■ **Assigned task**
Scan the records for lines holding "IsNewSeat". Say how many there are and give nothing else.

-- Opening Marker --

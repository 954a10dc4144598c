//! The callers of an instance that was just made.

ghost use Rattle.std.specs.Prelude.{◌≡◌, ℕ, Some, length, slice_get, vec_capacity};
ghost use Rattle.napi_calls.specs.Instance.{IsNewSeat};
ghost use Rattle.napi_calls.specs.declared.types.Caller.{Caller};

use napi_calls::{Caller, Napi, next_caller};

/// Takes the three callers out of their vector.
pub(crate) fn three_callers(napi: &Napi, callers: &mut Vec<Caller>) -> (Caller, Caller, Caller)
    requires many { length callers.old.items ≡ 3 }
    requires each { (k : ℕ) (c : Caller) → slice_get callers.old.items k ≡ Some c
        → IsNewSeat napi.now k c.pass }
    ensures new { IsNewSeat napi.now 0 result.0.pass × IsNewSeat napi.now 1 result.1.pass
        × IsNewSeat napi.now 2 result.2.pass }
    ensures none { length callers.new.items ≡ 0 }
    ensures room { vec_capacity callers.new ≡ vec_capacity callers.old }
{
    let thread = next_caller(napi, callers);
    let poller = next_caller(napi, callers);
    let interrupt = next_caller(napi, callers);
    (interrupt, poller, thread)
}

-- Closing Marker --

■ **Answer section**
4